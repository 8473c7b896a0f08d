//! The tests of long runs of a merge with both kinds of window, and of `run_merge` over a list of events.
ghost use Rattle.std.specs.Prelude.{◌<◌, ◌^◌, pos, ◌≤ℤ◌, All};
ghost use Rattle.path_merge.specs.Run.{IsEventOf};

use super::bench::{Bench, slots_bench, sorted_bench};
use super::cases::{STREAM, are_events_of, events_of, spec_of};
use super::steps::Sent;
use super::words::says;
use path_merge::{
    Event, Fate, MarkKindRef, MarkRef, Merge, Path, RunFault, StreamSpec, Window, run_merge,
};
use rtp_stream::PacketRef;
use std::alloc::Global;
use std::process::Abort;

/// Of packets 65,537 to 265,536, through three cycles of sequence numbers, every thousandth is missing. Those alone are
/// lost.
#[test]
fn three_cycles_with_every_thousandth_lost(rt: HostRuntime) {
    let spec = spec_of(&rt, STREAM);
    loses_every_thousandth(&rt, &mut slots_bench(&rt, rt.alloc(), spec, 0));
    loses_every_thousandth(&rt, &mut sorted_bench(&rt, rt.alloc(), spec, 0));
}

/// Tests that on a bench.
fn loses_every_thousandth<W: Window>(rt: &impl Abort, bench: &mut Bench<W>) {
    bench.take_all(rt, "tick 0, a 1 0, tick 6, a 2 6");
    for step in 2..200_000u32 {
        let number = 65_537 + step;
        // A slot is due 12 sampling instants after its media time: two steps.
        gives_slot(rt, bench, number - 2, step * 6 - 12, !is_lost(number - 2));
        if !is_lost(number) {
            take_in_time(rt, bench, number, step * 6);
        }
    }
    bench.close(rt);
    let marks = "quiet -6, got 265535 1199988, got 265536 1199994, end";
    says(rt, &bench.marks, marks, "the first and the last marks");
    let counts = "199800 arrived, 199800 from_a, 199800 got, 200 lost";
    bench.has_counts(rt, counts, "");
}

/// By `offer` and `advance`, which take packets and return marks by value, the same packets give the same slots: each
/// reading gives the one that is due, and nothing after it.
#[test]
fn three_cycles_by_value(rt: HostRuntime) {
    let spec = spec_of(&rt, STREAM);
    let bench = &mut slots_bench(&rt, rt.alloc(), spec, 0);
    bench.take_all(&rt, "tick 0, a 1 0, tick 6, a 2 6");
    let path = Path::new(0).expect(&rt, "a path");
    for step in 2..200_000u32 {
        let number = 65_537 + step;
        advances_to_slot(&rt, bench, number - 2, step * 6 - 12, !is_lost(number - 2));
        if !is_lost(number) {
            let sent = Sent::new((number % 65_536) as u16, step * 6);
            let fate = bench.offer(&rt, path, sent);
            assert!(rt; fate == Fate::Taken, "number {number}");
        }
    }
    bench.close(&rt);
    let marks = "quiet -6, got 265535 1199988, got 265536 1199994, end";
    says(&rt, &bench.marks, marks, "the first and the last marks");
    let counts = "199800 arrived, 199800 from_a, 199800 got, 200 lost";
    bench.has_counts(&rt, counts, "");
}

/// Advances to the deadline of a number, and tests that the first call returns its slot and the second one nothing.
fn advances_to_slot<W: Window>(
    rt: &impl Abort,
    bench: &mut Bench<W>,
    number: u32,
    media: u32,
    is_got: bool,
) {
    let now = i64::from(media) + 12;
    let mark = bench
        .merge
        .advance(now)
        .expect(rt, "the reading is in order");
    let mark = mark.expect(rt, "the slot is due");
    assert!(rt;
        is_slot(&mark.as_ref(), number, media, is_got),
        "number {number}"
    );
    let more = bench
        .merge
        .advance(now)
        .expect(rt, "the reading is in order");
    assert!(rt; more.is_none(), "number {number} alone");
}

/// Returns true if a number is a multiple of 1,000.
fn is_lost(number: u32) -> bool {
    number % 1000 == 0
}

// Long runs use the calls that borrow payloads: copies of 1,440 octets for each packet and mark would take most of the
// time.
/// Offers the packet of a number, and tests that it is taken.
fn take_in_time<W: Window>(rt: &impl Abort, bench: &mut Bench<W>, number: u32, ts: u32) {
    let path = Path::new(0).expect(rt, "a path");
    let payload = payload_of(number);
    let packet = PacketRef {
        seq: (number % 65_536) as u16,
        ts,
        ssrc: 1,
        payload: &payload,
    };
    // `Merge::offer_ref` requires these.
    assert!(rt; path.number() < bench.spec.paths() && bench.spec.payload_len() == 18);
    let fate = bench.merge.offer_ref(path, packet);
    assert!(rt; fate == Fate::Taken, "number {number}");
}

/// Advances to the deadline of a number, and tests that this returns its slot and no other mark.
fn gives_slot<W: Window>(
    rt: &impl Abort,
    bench: &mut Bench<W>,
    number: u32,
    media: u32,
    is_got: bool,
) {
    let goal = bench.merge.goal(i64::from(media) + 12);
    let goal = goal.expect(rt, "the reading is in order");
    let mark = bench.merge.mark_to(goal).expect(rt, "the slot is due");
    assert!(rt; is_slot(&mark, number, media, is_got), "number {number}");
    assert!(rt; bench.merge.pass_to(goal), "number {number}");
    assert!(rt;
        bench.merge.mark_to(goal).is_none(),
        "number {number} alone"
    );
}

/// Returns true if a mark is the slot of this number and media time, with the number's payload or lost.
fn is_slot(mark: &MarkRef<'_>, number: u32, media: u32, is_got: bool) -> bool {
    let octets = payload_of(number);
    let body = if is_got {
        Some(octets.as_slice())
    } else {
        None
    };
    match mark.kind() {
        MarkKindRef::Slot {
            epoch,
            number: given,
            media: begin,
            payload,
        } => {
            (epoch, given, begin) == (0, u64::from(number), i64::from(media)) && payload == body
        }
        MarkKindRef::Quiet { .. } | MarkKindRef::End => false,
    }
}

/// Returns the payload of a number's packet, as `Sent::packet` makes it.
fn payload_of(number: u32) -> [u8; 18] {
    let mut octets = [1, 2, 3, 4, 5, 6, 7, 8, 9, 10, 11, 12, 13, 14, 15, 16, 17, 0];
    octets[17] = (number % 256) as u8;
    octets
}

/// After packets 65,536 to 131,071 a restart opens an epoch. Its first number is again near 65,536: 66,043.
#[test]
fn numbers_begin_again_with_an_epoch(rt: HostRuntime) {
    let spec = spec_of(&rt, STREAM);
    restarts_after_a_cycle(&rt, &mut slots_bench(&rt, rt.alloc(), spec, 0));
    restarts_after_a_cycle(&rt, &mut sorted_bench(&rt, rt.alloc(), spec, 0));
}

/// Tests that on a bench.
fn restarts_after_a_cycle<W: Window>(rt: &impl Abort, bench: &mut Bench<W>) {
    bench.take_all(rt, "tick 0, a 0 0, tick 6, a 1 6");
    for step in 2..65_536u32 {
        gives_slot(rt, bench, 65_534 + step, step * 6 - 12, true);
        take_in_time(rt, bench, 65_536 + step, step * 6);
    }
    bench.take_all(rt, "tick 393222, a 500 393188 x 8, tick 393242");
    let marks = "quiet -6, got 131070 393204, got 131071 393210, got 1:66043 393230";
    says(rt, &bench.marks, marks, "the first and the last marks");
    let counts = "65544 arrived, 65537 from_a, 7 off_grid, 65537 got, 1 restarts";
    bench.has_counts(rt, counts, "");
}

/// An opening time, steps, and the place of the first clock reading that is out of order, if there is one.
#[derive(Clone, Copy)]
struct Readings {
    shows: &'static str,
    open_at: i64,
    steps: &'static str,
    place: Option<usize>,
}

const READINGS: [Readings; 5] = [
    Readings {
        shows: "a reading goes back, and arrivals count as places",
        open_at: 0,
        steps: "tick 6, a 1 0, tick 5, tick 4",
        place: Some(2),
    },
    Readings {
        shows: "a first reading is before the opening",
        open_at: 10,
        steps: "tick 9",
        place: Some(0),
    },
    Readings {
        shows: "a reading is past 2^60",
        open_at: 0,
        steps: "tick 1152921504606846976, tick 1152921504606846977",
        place: Some(1),
    },
    Readings {
        shows: "a reading follows a close",
        open_at: 0,
        steps: "close, close, tick 6",
        place: Some(2),
    },
    Readings {
        shows: "a repeated reading and a repeated close are in order",
        open_at: 0,
        steps: "tick 6, tick 6, close, close",
        place: None,
    },
];

/// Returns the place of the first clock reading that is out of order in a run over these events, if there is one.
fn place_of_fault(alloc: Global, spec: StreamSpec, open_at: i64, events: &[Event]) -> Option<usize>
    requires not_low { pos 0 ≤ℤ open_at }
    requires not_high { open_at ≤ℤ pos (2 ^ 60) }
    requires events { All (IsEventOf spec) events.now }
{
    match run_merge(alloc, spec, open_at, events) {
        Err(RunFault::Clock(place)) => Some(place),
        _ => None,
    }
}

/// `run_merge` names the place of the first clock reading that goes back, is before the opening or past 2^60, or
/// follows a close.
#[test]
fn a_run_names_the_first_reading_out_of_order(rt: HostRuntime) {
    for row in &READINGS {
        let place = place_in(&rt, rt.alloc(), row.open_at, row.steps);
        assert!(rt; place == row.place, "{}", row.shows);
    }
}

/// Returns the place of the first clock reading that is out of order in a run over these steps, if there is one.
fn place_in(rt: &impl Abort, alloc: Global, open_at: i64, steps: &str) -> Option<usize> {
    let spec = spec_of(rt, STREAM);
    // `run_merge` requires an opening time from 0 to 2^60.
    assert!(rt; 0 <= open_at && open_at <= 10);
    place_of_fault(alloc, spec, open_at, &events_of(rt, alloc, &spec, steps))
}

/// A run of 101 marks, whose list grows several times, is made twice: if one allocation fails, each run returns all
/// marks or an error, and at most one returns an error.
#[test]
fn each_refused_allocation_of_a_run_is_answered(rt: HostRuntime) {
    let spec = spec_of(&rt, STREAM);
    let events = [arrival(&rt, &spec), Event::Tick(606), Event::Close];
    runs_again(&rt, rt.alloc(), spec, &events);
}

/// Tests that with these events.
fn runs_again(rt: &impl Abort, alloc: Global, spec: StreamSpec, events: &[Event]) {
    assert!(rt; are_events_of(&spec, events));
    let first = mark_count(rt, alloc, spec, events);
    let second = mark_count(rt, alloc, spec, events);
    let counts = [first.unwrap_or(101), second.unwrap_or(101)];
    assert!(rt; counts == [101, 101], "all marks or none");
    assert!(rt;
        first.is_some() || second.is_some(),
        "one of the runs succeeds"
    );
}

/// Returns the arrival of the packet (1, 0) on the first path.
fn arrival(rt: &impl Abort, spec: &StreamSpec) -> Event {
    let path = Path::new(0).expect(rt, "a path");
    Event::Arrive(path, Sent::new(1, 0).packet(spec))
}

/// Returns the number of marks that a run returned, or none if an allocation failed.
fn mark_count(rt: &impl Abort, alloc: Global, spec: StreamSpec, events: &[Event]) -> Option<usize>
    requires { All (IsEventOf spec) events.now }
{
    match run_merge(alloc, spec, 0, events) {
        Ok(marks) => Some(marks.len()),
        Err(RunFault::Memory(_)) => None,
        Err(RunFault::Clock(_)) => { panic!(rt; "the readings are in order") }
    }
}

/// A merge is made twice: if one allocation fails, at most one of the two calls returns an error.
#[test]
fn each_refused_allocation_is_answered(rt: HostRuntime) {
    let spec = spec_of(&rt, STREAM);
    let first = is_made(rt.alloc(), spec);
    let second = is_made(rt.alloc(), spec);
    assert!(rt; first || second, "a merge");
}

/// Returns true if a merge was made. Returns false if an allocation failed.
fn is_made(alloc: Global, spec: StreamSpec) -> bool {
    Merge::new(alloc, spec, 0).is_ok()
}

WHAT YOU HAVE TO DO:
Out of the records above, pull each line containing the word "Option".

RESPONSE TO THIS EXERCISE:
    place: Option<usize>,
fn place_of_fault(alloc: Global, spec: StreamSpec, open_at: i64, events: &[Event]) -> Option<usize>
fn place_in(rt: &impl Abort, alloc: Global, open_at: i64, steps: &str) -> Option<usize> {
fn mark_count(rt: &impl Abort, alloc: Global, spec: StreamSpec, events: &[Event]) -> Option<usize>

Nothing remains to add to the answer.